▶ [WHAT NEEDS TO BE DONE]: Search the material below for the string "WantedBlock" and extract each line that has it.

-- Opening Marker --

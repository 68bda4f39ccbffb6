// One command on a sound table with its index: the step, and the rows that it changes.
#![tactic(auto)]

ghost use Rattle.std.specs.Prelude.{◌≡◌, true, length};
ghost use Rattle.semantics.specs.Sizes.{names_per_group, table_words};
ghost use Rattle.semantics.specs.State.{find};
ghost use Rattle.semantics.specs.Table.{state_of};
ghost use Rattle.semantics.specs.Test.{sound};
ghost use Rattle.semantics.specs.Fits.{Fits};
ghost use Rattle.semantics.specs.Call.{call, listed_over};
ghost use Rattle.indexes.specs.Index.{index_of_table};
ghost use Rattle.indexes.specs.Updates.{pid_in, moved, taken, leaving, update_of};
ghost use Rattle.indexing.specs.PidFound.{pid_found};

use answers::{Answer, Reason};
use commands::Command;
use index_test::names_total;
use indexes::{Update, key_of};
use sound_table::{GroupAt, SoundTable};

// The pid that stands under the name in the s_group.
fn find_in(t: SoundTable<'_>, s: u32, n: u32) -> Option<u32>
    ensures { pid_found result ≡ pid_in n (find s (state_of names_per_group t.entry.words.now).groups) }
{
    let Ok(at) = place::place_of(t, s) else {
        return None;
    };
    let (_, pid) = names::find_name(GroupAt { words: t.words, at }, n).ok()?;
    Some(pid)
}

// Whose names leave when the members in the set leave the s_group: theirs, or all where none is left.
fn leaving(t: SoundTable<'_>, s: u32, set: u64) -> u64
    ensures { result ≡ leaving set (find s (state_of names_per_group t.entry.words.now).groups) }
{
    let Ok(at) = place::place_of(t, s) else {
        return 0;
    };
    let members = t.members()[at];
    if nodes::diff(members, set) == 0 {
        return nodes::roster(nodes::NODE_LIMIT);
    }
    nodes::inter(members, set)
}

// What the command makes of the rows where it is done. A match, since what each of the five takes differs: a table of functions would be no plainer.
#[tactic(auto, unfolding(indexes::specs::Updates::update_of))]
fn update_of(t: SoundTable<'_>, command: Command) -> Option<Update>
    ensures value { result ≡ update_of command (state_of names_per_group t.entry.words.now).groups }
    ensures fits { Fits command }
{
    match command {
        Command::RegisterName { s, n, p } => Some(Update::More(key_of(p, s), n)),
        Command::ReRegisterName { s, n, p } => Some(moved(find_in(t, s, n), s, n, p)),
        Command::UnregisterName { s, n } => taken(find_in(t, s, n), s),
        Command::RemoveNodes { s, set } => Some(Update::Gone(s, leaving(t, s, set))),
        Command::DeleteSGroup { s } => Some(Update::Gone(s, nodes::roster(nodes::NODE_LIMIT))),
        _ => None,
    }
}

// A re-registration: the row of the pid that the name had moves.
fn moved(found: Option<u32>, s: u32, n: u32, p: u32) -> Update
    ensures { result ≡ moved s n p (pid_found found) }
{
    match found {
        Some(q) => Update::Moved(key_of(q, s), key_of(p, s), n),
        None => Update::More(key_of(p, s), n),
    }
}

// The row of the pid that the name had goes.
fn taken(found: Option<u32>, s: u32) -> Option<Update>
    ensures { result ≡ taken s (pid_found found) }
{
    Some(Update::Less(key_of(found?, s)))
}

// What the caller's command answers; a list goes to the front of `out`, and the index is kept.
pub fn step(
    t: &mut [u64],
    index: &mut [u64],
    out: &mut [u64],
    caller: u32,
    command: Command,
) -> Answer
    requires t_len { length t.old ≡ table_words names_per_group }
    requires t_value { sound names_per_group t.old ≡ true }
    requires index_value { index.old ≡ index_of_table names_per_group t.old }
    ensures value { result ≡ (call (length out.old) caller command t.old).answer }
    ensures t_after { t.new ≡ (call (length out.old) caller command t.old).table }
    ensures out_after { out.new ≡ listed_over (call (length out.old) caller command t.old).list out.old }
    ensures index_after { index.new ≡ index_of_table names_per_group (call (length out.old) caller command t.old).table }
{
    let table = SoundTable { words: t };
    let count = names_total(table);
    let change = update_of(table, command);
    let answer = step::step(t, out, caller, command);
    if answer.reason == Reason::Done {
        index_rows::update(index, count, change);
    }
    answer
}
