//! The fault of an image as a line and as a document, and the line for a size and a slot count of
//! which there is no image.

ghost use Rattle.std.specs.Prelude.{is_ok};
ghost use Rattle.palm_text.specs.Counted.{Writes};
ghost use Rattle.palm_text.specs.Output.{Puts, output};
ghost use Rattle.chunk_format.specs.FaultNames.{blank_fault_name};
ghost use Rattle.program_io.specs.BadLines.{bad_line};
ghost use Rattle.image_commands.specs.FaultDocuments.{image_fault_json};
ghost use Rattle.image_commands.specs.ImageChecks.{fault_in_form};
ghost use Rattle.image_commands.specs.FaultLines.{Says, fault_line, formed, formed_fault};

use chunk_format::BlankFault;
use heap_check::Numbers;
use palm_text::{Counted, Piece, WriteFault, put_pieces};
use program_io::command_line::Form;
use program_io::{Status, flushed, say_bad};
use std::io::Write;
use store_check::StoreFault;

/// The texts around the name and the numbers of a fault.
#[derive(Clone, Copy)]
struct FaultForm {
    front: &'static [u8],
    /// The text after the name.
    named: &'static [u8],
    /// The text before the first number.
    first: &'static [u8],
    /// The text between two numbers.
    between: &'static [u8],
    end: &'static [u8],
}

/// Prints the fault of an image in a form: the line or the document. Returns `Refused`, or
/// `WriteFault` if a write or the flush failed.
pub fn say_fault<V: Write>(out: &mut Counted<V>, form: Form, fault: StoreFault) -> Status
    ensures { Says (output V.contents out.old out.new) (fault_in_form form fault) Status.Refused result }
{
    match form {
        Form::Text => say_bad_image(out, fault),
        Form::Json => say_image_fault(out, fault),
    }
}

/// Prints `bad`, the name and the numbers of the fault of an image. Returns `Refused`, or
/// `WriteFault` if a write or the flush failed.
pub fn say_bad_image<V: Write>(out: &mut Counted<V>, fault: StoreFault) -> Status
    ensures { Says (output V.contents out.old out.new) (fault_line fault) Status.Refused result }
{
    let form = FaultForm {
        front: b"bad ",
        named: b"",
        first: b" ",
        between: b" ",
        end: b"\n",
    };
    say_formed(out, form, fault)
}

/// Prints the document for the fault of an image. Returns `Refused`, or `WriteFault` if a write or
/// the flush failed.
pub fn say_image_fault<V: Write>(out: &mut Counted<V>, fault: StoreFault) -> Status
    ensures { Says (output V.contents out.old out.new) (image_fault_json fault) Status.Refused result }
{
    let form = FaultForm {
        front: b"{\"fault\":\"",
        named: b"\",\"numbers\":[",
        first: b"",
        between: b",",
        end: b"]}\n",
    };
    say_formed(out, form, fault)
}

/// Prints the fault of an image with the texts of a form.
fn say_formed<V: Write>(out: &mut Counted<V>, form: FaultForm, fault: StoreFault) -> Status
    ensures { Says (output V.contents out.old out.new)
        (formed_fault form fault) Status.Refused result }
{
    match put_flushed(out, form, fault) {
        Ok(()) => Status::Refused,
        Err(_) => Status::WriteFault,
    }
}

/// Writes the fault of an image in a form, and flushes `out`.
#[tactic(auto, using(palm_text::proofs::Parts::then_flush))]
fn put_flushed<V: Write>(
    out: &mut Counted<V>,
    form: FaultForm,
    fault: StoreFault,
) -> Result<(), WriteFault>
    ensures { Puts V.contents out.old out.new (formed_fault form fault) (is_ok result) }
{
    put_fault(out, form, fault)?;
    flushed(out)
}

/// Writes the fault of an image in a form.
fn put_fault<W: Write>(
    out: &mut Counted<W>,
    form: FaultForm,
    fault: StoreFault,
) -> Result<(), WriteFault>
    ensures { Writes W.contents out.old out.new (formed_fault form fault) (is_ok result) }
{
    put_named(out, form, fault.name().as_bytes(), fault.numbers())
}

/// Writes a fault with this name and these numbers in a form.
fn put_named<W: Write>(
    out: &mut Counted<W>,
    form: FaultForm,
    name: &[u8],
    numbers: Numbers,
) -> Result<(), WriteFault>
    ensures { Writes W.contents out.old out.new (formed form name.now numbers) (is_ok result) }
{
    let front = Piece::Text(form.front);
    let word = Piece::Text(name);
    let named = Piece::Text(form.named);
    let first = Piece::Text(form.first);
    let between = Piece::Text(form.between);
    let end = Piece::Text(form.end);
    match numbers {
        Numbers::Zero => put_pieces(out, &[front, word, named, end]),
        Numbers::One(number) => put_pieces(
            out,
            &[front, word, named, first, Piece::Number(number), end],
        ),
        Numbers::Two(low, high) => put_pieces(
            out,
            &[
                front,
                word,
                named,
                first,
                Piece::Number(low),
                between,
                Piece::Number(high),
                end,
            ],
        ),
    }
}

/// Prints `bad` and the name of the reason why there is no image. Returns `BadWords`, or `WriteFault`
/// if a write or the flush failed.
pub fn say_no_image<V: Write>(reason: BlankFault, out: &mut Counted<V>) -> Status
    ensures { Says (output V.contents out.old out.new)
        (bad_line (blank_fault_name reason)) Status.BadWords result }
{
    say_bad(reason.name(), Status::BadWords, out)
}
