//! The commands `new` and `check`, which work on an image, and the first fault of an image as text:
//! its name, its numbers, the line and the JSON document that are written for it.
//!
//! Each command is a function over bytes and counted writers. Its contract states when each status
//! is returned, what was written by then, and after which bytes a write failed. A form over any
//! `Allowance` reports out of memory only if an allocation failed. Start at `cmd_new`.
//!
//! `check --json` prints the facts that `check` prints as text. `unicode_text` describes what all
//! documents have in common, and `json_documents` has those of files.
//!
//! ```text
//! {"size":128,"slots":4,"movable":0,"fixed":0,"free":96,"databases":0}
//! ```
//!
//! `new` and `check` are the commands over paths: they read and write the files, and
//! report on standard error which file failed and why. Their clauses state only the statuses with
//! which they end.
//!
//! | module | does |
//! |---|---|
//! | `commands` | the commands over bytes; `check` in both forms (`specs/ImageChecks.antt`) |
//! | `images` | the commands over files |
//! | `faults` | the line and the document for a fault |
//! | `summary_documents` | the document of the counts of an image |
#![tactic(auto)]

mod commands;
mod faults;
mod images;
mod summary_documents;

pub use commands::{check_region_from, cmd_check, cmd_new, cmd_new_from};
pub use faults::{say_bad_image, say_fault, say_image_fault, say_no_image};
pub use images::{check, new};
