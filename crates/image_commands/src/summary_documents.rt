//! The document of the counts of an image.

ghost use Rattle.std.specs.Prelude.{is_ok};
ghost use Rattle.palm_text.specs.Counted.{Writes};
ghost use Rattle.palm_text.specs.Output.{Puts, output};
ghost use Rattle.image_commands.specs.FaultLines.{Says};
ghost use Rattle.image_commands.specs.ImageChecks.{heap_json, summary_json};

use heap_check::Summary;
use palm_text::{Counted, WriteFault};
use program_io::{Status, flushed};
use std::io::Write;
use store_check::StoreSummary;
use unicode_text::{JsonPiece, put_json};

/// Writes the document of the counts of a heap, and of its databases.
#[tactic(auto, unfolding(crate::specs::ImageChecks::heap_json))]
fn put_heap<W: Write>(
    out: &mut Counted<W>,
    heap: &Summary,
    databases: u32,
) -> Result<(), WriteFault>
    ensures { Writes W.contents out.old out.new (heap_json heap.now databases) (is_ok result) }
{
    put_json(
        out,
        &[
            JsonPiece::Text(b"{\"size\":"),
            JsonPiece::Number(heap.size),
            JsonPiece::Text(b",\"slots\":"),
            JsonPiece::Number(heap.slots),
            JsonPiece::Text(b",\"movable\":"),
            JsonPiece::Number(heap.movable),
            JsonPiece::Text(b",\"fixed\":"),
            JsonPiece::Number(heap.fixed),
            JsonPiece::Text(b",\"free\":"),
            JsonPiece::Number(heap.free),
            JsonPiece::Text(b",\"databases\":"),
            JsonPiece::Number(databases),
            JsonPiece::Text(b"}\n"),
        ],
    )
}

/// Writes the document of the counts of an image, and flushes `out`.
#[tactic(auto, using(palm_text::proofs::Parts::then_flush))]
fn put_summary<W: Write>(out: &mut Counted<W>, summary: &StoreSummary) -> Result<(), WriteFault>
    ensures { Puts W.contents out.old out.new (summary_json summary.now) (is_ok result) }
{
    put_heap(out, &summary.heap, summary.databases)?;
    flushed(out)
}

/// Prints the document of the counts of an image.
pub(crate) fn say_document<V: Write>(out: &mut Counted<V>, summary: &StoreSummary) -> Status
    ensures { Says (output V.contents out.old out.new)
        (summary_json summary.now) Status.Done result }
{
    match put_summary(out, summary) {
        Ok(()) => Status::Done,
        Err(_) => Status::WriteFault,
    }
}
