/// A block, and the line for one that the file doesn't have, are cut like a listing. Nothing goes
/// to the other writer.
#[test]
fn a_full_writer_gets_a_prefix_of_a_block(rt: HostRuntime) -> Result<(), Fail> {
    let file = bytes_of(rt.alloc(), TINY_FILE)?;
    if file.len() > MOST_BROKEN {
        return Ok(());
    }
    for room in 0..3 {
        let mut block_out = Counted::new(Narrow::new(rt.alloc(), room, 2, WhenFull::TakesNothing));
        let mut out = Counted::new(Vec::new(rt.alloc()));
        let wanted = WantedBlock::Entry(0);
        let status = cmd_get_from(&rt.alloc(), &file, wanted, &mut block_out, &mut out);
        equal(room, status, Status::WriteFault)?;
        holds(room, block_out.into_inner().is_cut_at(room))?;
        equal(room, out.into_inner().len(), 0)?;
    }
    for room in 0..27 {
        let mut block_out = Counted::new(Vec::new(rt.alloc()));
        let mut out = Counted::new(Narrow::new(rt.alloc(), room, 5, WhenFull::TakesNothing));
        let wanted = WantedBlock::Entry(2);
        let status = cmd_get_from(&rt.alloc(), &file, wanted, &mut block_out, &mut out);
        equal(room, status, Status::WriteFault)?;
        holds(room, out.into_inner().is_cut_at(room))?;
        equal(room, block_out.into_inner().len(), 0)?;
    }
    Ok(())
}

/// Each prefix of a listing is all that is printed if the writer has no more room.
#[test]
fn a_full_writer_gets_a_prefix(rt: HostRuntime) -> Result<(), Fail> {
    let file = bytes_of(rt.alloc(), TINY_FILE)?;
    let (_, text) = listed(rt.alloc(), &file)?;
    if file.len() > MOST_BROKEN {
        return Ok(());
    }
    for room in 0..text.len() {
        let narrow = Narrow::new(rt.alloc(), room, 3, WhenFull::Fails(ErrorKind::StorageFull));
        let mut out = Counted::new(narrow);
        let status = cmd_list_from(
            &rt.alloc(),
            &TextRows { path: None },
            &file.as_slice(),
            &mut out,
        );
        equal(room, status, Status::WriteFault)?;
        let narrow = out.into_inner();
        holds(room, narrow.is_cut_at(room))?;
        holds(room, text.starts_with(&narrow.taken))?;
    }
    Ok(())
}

-- Closing Marker --

▶ [REPLY TO THE TASK]:
        let wanted = WantedBlock::Entry(0);
        let wanted = WantedBlock::Entry(2);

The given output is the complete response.